Para Fernando Moreira, a preocupação imediata é o número de jogadoras disponíveis. Longe dos grandes palcos, o futebol é vivido com sacrifício e dificuldades. Dos clubes e, principalmente, das atletas. O Grupo Desportivo Malveira da Serra, afiança, "tem todas as condições para treinarem, embora não haja uma aposta tão grande nas meninas nas camadas jovens como há para os rapazes". Ainda assim, gostaria que os clubes "percebessem que têm de lhes dar o mesmo que dão ao futebol masculino". No segundo ano em que está à frente deste projeto - para trás deixou a família e Viseu -, Fernando Moreira viu reduzir quase para metade o número de praticantes.
"Malveira da Serra é do concelho de Cascais, mas não há transportes públicos até ao local dos treinos e as atletas têm de custear tudo. No ano passado tinha entre 20 a 22 atletas. Algumas tiveram de sair por motivos profissionais. Fizemos captações, mas não conseguimos atrair muitas raparigas. Inscritas, no início da época, estavam 18 atletas. Neste momento temos 14 jogadoras. Algumas foram desistindo porque não conseguem conciliar o trabalho ou a faculdade com os treinos e os jogos. Para ir aos jogos têm de pedir troca de folgas. Algumas entidades patronais percebem, outras não, até porque as lesões levam a que elas entrem de baixa", explica o técnico.
Rita é central e cumpre a sua terceira época como atleta. Trabalha num escritório, tendo, por isso, uma maior liberdade de horários para poder comparecer aos treinos e jogos. Não consegue explicar bem o que a atrai no futebol e a faz continuar, mas talvez seja o facto de dependerem "umas das outras, o saber que cada uma tem um papel a desempenhar, o espírito de equipa que se desenvolve". Gosta de falar com as colegas e, por ser das mais velhas - com 27 anos, num grupo onde as mais novas apenas têm 17 - é tratada como a mãe das restantes. Gosta de falar com as companheiras individualmente, porque "cada jogadora é diferente".
E os jogos com oito, dez ou 12 jogadoras são para disputar. "Estamos aqui para ganhar. A força tem de estar cá sempre. As que estiverem vão honrar o emblema que trazem ao peito", garante Rita, confirmando a ideia transmitida pelo seu treinador de que "o futebol feminino está vivo" apesar das dificuldades.

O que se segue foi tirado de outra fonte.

//! The walk that gathers axioms, tree by tree.

ghost use Rattle.std.specs.Prelude.{◌≡◌, ◌<◌, ◌+◌, List, length, IfOk, OnOk};
ghost use Rattle.lk_rulebook.specs.Units.{LibraryUnit};
ghost use Rattle.lk_store.specs.Contents.{Contents, name_at, tree_at, tree_of, IsIn};
ghost use Rattle.lk_store.specs.Store.{contents_of};
ghost use Rattle.lk_seek.specs.Trees.{parts_back};
ghost use Rattle.lk_env.specs.Units.{library_of};
ghost use Rattle.lk_axioms.specs.Lists.{HasEmptySet};
ghost use Rattle.lk_axioms.specs.Gives.{NameGives, TreeGives, IsFinding, cell_at, AreKnown};
ghost use Rattle.lk_axioms.specs.Gathered.{IsRight, IsRightFor, IsUnitNumber, IsMade};
ghost use Rattle.lk_axioms.specs.Gathered.{AreJoined, IsLeft};
ghost use Rattle.lk_axioms.specs.Walks.{IsNodeOf, IsEntered};

use crate::finding::{Finding, NOTHING, NOWHERE, join};
use crate::sets::Sets;
use crate::visit::{Visit, open};
use lk_env::library::Library;
use lk_store::base_store::BaseStore;
use lk_store::memory::NoMemory;
use lk_store::node::Node;
use std::alloc::Global;

/// What is known while the units are gone through in their order.
#[derive(Drop)]
pub(crate) struct Gathering {
    pub sets: Sets,
    /// What was found in each tree of the store.
    pub cells: Vec<Finding>,
    /// The number of each unit's set, of the units that are done.
    pub units: Vec<u32>,
}

impl Gathering {
    /// Begins with these sets. Nothing is known yet of so many trees, and none of so many units is
    /// done.
    pub(crate) fn new(
        alloc: Global,
        sets: Sets,
        trees: u64,
        units: usize,
    ) -> Result<Gathering, NoMemory>
        requires { HasEmptySet sets }
        ensures sets { IfOk result (λ g. g.sets ≡ sets) }
        ensures right { IfOk result (λ g. (c : Contents) (us : List LibraryUnit)
            → length c.trees ≡ trees → IsRight c us 0 g) }
    {
        let mut cells = Vec::new(alloc);
        cells.resize(trees as usize, NOWHERE)?;
        Ok(Gathering {
            sets,
            cells,
            units: Vec::with_capacity(alloc, units)?,
        })
    }
}

/// The axioms of the first unit that gives the name, if it is a unit before this one.
fn named(library: &Library, gathering: &Gathering, unit: u32, name: u64) -> Finding
    requires right { IsRightFor library.now unit gathering.now }
    requires name_in { name < length (contents_of library.now.tables).names }
    requires few { IsUnitNumber unit }
    ensures finding { IsFinding (NameGives (library_of library.now)
        (name_at (contents_of library.now.tables) name)) unit gathering.now.sets result }
    ensures known { unit < result.below }
{
    match library.position_of(name) {
        None => NOTHING,
        Some(p) if p.unit < unit => Finding {
            set: gathering.units[p.unit as usize],
            below: u32::MAX,
        },
        Some(p) => Finding {
            set: 0,
            below: p.unit.saturating_add(1),
        },
    }
}

/// A finding and that of a tree together.
fn join_with(
    alloc: Global,
    gathering: &mut Gathering,
    a: Finding,
    e: u64,
) -> Result<Finding, NoMemory>
    requires a_in { a.set < length gathering.old.sets }
    requires e_in { e < length gathering.old.cells.items }
    requires cell_in { (cell_at gathering.old.cells.items e).set < length gathering.old.sets }
    ensures { IfOk result (AreJoined gathering.old gathering.new a
        (cell_at gathering.old.cells.items e)) }
{
    join(alloc, &mut gathering.sets, a, gathering.cells[e as usize])
}

/// What was found in two trees together.
fn join_parts(alloc: Global, gathering: &mut Gathering, a: u64, b: u64) -> Result<Finding, NoMemory>
    requires a_in { a < length gathering.old.cells.items }
    requires a_cell_in { (cell_at gathering.old.cells.items a).set < length gathering.old.sets }
    requires b_in { b < length gathering.old.cells.items }
    requires b_cell_in { (cell_at gathering.old.cells.items b).set < length gathering.old.sets }
    ensures { IfOk result (AreJoined gathering.old gathering.new
        (cell_at gathering.old.cells.items a) (cell_at gathering.old.cells.items b)) }
{
    let first = gathering.cells[a as usize];
    join_with(alloc, gathering, first, b)
}

/// What is found in the tree of a node whose parts are known.
fn find_in_node(
    alloc: Global,
    library: &Library,
    gathering: &mut Gathering,
    unit: u32,
    node: Node,
) -> Result<Finding, NoMemory>
    requires right { IsRightFor library.now unit gathering.old }
    requires few { IsUnitNumber unit }
    requires node_in { IsIn (contents_of library.now.tables) node }
    requires parts { AreKnown unit gathering.old.cells.items (parts_back node) }
    ensures { IfOk result (IsMade (TreeGives (library_of library.now)
        (tree_of (contents_of library.now.tables) node)) unit gathering.old gathering.new) }
{
    match node {
        Node::Var(_) | Node::Sort(_) | Node::Lit(_) | Node::Wide | Node::Str(_) => Ok(NOTHING),
        Node::Local(_, _) => Ok(NOTHING),
        Node::Const(name, _) => Ok(named(library, gathering, unit, name)),
        Node::Proj(name, _, e) => {
            let own = named(library, gathering, unit, name);
            join_with(alloc, gathering, own, e)
        }
        Node::App(a, b) => join_parts(alloc, gathering, a, b),
        Node::Lam(a, b) => join_parts(alloc, gathering, a, b),
        Node::Pi(a, b) => join_parts(alloc, gathering, a, b),
        Node::Let(a, b, c) => {
            let two = join_parts(alloc, gathering, a, b)?;
            join_with(alloc, gathering, two, c)
        }
    }
}

/// Keeps what is found in a tree whose parts are known.
fn leave(
    alloc: Global,
    library: &Library,
    gathering: &mut Gathering,
    unit: u32,
    e: u64,
    node: Node,
) -> Result<(), NoMemory>
    requires right { IsRightFor library.now unit gathering.old }
    requires few { IsUnitNumber unit }
    requires is_node { IsNodeOf (contents_of library.now.tables) e node }
    requires parts { AreKnown unit gathering.old.cells.items (parts_back node) }
    ensures { OnOk result (IsLeft (contents_of library.now.tables) (library_of library.now) unit e
        gathering.old gathering.new) }
{
    let finding = find_in_node(alloc, library, gathering, unit, node)?;
    gathering.cells[e as usize] = finding;
    Ok(())
}

/// Opens a tree, unless what was found in it is known.
fn enter(
    base: &BaseStore,
    gathering: &Gathering,
    stack: &mut Vec<Visit>,
    unit: u32,
    e: u64,
) -> Result<(), NoMemory>
    requires one_each { length gathering.now.cells.items ≡ length (contents_of base.now).trees }
    requires tree_in { e < length (contents_of base.now).trees }
    ensures { OnOk result (IsEntered (contents_of base.now) unit gathering.now.cells.items e
        stack.old.items stack.new.items) }
{
    if unit < gathering.cells[e as usize].below {
        return Ok(());
    }
    open(base, stack, e)
}

/// Gathers what a tree leads to: a walk over its parts, which opens those where it is not known. The
/// stack is emptied first; its room is used again.
pub(crate) fn gather(
    alloc: Global,
    library: &Library,
    gathering: &mut Gathering,
    stack: &mut Vec<Visit>,
    unit: u32,
    tree: u64,
) -> Result<(), NoMemory>
    requires right { IsRightFor library.now unit gathering.old }
    requires few { IsUnitNumber unit }
    requires tree_in { tree < length (contents_of library.now.tables).trees }
    ensures { OnOk result (IsLeft (contents_of library.now.tables)
        (library_of library.now) unit tree
        gathering.old gathering.new) }
{
    stack.clear();
    stack.push(Visit::Enter(tree))?;
    'walk: while let Some(visit) = stack.pop() {
        match visit {
            Visit::Enter(e) => {
                enter(library.base(), gathering, stack, unit, e)?;
            }
            Visit::Leave(e, node) => {
                leave(alloc, library, gathering, unit, e, node)?;
            }
        }
    }
    Ok(())
}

Ah, já agora, o Guia venceu por 14-0. Mas, isso, pouco importa!
Guia elogia a "bravura"
"Estava a dar a palestra à equipa, quando o diretor entrou e me informou que a equipa do Malveira da Serra só tinha oito jogadoras. Foi uma surpresa." É desta forma que o treinador João Santos recorda o dia 22 de janeiro. Com mais de duas décadas como treinador, conta que esta foi uma situação inédita. "Durante o jogo, as equipas podem ficar com menos jogadoras em campo, mas logo de início? Nunca me tinha acontecido."
O técnico algarvio ficou ainda mais espantado com o passar dos minutos, porque julgava, tal como acontecera noutros jogos de inferioridade, que não aguentariam mais de um quarto de hora.
"Aguentaram o desgaste físico e anímico. O adversário mostrou um enorme respeito por nós, fazendo o jogo todo com atletas que não estavam fisicamente bem e na segunda parte tiveram de ser assistidas muitas vezes. Foram de uma bravura excelente. Ficámos com admiração por todas elas", enaltece o treinador que pediu à sua equipa "respeito" e "disponibilidade", como resposta ao esforço das oponentes.
"As carrinhas são mais velhas do que nós"
Malveira da Serra está inserida na área metropolitana de Lisboa, mas sofre com a falta de transportes públicos até ao Campo 22 de Março, do Grupo Desportivo. As deslocações ficam a cargo das atletas e familiares, fator que pesa na hora de decidir a continuidade da prática desportiva. O clube, diz o presidente Jorge Matos, carece de "meios de transporte próprios para ir buscar as atletas. Precisávamos, pelo menos, de duas carrinhas. Temos carrinhas, mas são mais velhas do que nós e não servem de grande coisa", revela. Há algum benemérito a ler?